(Excerpts from a dataset)
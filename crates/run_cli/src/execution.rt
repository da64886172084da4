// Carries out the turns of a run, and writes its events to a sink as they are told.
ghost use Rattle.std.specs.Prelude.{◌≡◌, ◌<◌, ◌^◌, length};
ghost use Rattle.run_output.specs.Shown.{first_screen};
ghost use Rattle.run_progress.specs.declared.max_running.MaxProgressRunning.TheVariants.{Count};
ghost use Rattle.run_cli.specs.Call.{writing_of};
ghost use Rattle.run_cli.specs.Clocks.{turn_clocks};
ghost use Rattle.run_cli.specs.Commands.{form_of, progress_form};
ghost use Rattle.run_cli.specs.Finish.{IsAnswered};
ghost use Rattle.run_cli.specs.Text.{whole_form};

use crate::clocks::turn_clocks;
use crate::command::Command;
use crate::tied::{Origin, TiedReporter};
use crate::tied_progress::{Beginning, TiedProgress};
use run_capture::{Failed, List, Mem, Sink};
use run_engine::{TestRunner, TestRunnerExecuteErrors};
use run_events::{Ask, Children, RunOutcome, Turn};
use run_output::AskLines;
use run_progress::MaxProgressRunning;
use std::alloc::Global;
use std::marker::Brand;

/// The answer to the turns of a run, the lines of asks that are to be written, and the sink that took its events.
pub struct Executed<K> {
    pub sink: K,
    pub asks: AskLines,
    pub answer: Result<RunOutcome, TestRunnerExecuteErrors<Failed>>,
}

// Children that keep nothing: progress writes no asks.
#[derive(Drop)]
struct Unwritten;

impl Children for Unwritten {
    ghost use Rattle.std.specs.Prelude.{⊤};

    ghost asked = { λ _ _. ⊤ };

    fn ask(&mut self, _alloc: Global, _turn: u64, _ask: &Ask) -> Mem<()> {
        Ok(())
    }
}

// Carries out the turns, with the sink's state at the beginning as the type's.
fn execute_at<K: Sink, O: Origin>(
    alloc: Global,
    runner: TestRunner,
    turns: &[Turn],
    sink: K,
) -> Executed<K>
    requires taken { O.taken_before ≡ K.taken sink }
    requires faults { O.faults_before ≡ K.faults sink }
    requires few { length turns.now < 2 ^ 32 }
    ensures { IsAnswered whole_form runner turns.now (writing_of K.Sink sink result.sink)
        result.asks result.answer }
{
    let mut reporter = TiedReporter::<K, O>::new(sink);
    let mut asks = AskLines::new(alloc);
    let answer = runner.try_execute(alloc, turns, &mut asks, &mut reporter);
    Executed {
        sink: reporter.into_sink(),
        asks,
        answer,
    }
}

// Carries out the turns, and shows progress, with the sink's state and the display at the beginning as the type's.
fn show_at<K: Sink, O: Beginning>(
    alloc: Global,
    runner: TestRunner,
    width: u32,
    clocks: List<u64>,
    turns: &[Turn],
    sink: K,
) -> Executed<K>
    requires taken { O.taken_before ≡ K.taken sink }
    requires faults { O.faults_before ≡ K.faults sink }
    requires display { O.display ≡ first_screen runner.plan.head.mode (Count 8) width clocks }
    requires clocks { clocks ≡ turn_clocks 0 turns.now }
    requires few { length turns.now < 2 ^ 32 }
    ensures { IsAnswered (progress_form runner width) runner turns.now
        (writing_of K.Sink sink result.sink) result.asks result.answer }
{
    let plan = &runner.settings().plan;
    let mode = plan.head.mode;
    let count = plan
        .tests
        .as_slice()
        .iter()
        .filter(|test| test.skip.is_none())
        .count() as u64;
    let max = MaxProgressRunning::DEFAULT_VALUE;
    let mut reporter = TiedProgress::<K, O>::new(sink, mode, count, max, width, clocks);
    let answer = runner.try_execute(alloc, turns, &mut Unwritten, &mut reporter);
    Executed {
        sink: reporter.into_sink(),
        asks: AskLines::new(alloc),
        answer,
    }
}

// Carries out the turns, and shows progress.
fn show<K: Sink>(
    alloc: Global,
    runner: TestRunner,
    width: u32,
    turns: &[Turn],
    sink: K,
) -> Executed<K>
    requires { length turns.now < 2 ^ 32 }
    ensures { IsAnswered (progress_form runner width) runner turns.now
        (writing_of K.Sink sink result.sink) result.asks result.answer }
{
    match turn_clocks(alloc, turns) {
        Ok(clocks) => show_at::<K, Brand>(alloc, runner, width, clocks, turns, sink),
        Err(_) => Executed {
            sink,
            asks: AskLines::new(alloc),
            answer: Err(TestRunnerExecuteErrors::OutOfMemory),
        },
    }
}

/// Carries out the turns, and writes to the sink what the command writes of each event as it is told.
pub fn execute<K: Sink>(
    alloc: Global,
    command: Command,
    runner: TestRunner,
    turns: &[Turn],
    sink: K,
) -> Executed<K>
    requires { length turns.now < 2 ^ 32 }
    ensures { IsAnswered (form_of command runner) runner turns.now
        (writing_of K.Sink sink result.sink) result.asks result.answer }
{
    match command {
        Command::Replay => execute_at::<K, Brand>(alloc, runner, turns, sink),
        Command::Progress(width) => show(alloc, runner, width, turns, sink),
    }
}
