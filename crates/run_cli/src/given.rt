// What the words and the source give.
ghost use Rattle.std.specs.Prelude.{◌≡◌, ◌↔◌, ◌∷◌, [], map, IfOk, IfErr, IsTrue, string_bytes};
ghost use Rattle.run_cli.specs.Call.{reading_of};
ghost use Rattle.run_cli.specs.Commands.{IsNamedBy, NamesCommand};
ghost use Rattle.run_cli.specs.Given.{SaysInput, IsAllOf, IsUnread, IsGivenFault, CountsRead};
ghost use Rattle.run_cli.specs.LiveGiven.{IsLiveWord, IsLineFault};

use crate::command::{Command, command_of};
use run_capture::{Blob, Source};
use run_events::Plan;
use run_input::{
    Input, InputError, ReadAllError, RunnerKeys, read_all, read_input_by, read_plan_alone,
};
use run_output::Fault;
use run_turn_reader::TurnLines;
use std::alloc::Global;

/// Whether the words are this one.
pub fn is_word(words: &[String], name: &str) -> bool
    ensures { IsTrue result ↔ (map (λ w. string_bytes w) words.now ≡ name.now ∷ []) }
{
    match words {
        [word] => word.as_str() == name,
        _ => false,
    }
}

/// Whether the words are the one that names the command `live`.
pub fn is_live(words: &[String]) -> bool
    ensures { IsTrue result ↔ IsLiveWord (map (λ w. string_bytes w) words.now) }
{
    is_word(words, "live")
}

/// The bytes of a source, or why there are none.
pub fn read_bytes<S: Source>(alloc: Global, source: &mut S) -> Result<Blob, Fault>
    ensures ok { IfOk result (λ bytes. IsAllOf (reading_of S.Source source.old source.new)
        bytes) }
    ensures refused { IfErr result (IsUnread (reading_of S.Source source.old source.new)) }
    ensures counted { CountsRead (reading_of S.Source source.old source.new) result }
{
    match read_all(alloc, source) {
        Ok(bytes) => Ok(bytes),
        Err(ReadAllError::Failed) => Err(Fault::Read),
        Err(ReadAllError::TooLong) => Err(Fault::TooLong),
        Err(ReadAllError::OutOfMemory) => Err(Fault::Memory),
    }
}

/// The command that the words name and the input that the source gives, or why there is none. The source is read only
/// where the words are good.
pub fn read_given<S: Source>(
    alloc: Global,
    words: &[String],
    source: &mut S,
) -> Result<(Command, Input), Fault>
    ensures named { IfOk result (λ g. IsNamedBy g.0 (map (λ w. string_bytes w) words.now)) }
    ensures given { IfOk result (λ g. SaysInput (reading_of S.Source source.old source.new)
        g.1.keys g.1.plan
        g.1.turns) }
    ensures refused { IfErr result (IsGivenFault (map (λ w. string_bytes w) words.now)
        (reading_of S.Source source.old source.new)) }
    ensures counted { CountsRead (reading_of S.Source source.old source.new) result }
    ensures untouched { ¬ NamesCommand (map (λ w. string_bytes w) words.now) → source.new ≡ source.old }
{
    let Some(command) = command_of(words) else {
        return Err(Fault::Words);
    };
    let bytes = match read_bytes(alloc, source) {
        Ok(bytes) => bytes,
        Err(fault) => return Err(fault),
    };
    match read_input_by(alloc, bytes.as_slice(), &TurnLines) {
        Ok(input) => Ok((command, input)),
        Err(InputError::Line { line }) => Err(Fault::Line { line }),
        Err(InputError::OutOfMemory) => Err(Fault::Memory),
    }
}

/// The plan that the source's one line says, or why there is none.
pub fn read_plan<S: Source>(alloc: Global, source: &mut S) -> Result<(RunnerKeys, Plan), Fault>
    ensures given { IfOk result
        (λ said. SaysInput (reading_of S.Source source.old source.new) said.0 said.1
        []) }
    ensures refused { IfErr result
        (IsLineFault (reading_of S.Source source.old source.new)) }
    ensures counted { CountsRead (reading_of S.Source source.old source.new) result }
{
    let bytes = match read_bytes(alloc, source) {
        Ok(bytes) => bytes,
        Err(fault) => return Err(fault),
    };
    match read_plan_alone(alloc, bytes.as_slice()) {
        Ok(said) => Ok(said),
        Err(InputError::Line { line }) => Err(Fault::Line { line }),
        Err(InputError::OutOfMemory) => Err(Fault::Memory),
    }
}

What is being asked:
Set down the lines above as they stand, starting with the first line and ending with the line that contains "use std::marker::Brand;".

Answer to this exercise:
filename crates/run_cli/src/execution.rt
repository da64886172084da4
// Carries out the turns of a run, and writes its events to a sink as they are told.
ghost use Rattle.std.specs.Prelude.{◌≡◌, ◌<◌, ◌^◌, length};
ghost use Rattle.run_output.specs.Shown.{first_screen};
ghost use Rattle.run_progress.specs.declared.max_running.MaxProgressRunning.TheVariants.{Count};
ghost use Rattle.run_cli.specs.Call.{writing_of};
ghost use Rattle.run_cli.specs.Clocks.{turn_clocks};
ghost use Rattle.run_cli.specs.Commands.{form_of, progress_form};
ghost use Rattle.run_cli.specs.Finish.{IsAnswered};
ghost use Rattle.run_cli.specs.Text.{whole_form};

use crate::clocks::turn_clocks;
use crate::command::Command;
use crate::tied::{Origin, TiedReporter};
use crate::tied_progress::{Beginning, TiedProgress};
use run_capture::{Failed, List, Mem, Sink};
use run_engine::{TestRunner, TestRunnerExecuteErrors};
use run_events::{Ask, Children, RunOutcome, Turn};
use run_output::AskLines;
use run_progress::MaxProgressRunning;
use std::alloc::Global;
use std::marker::Brand;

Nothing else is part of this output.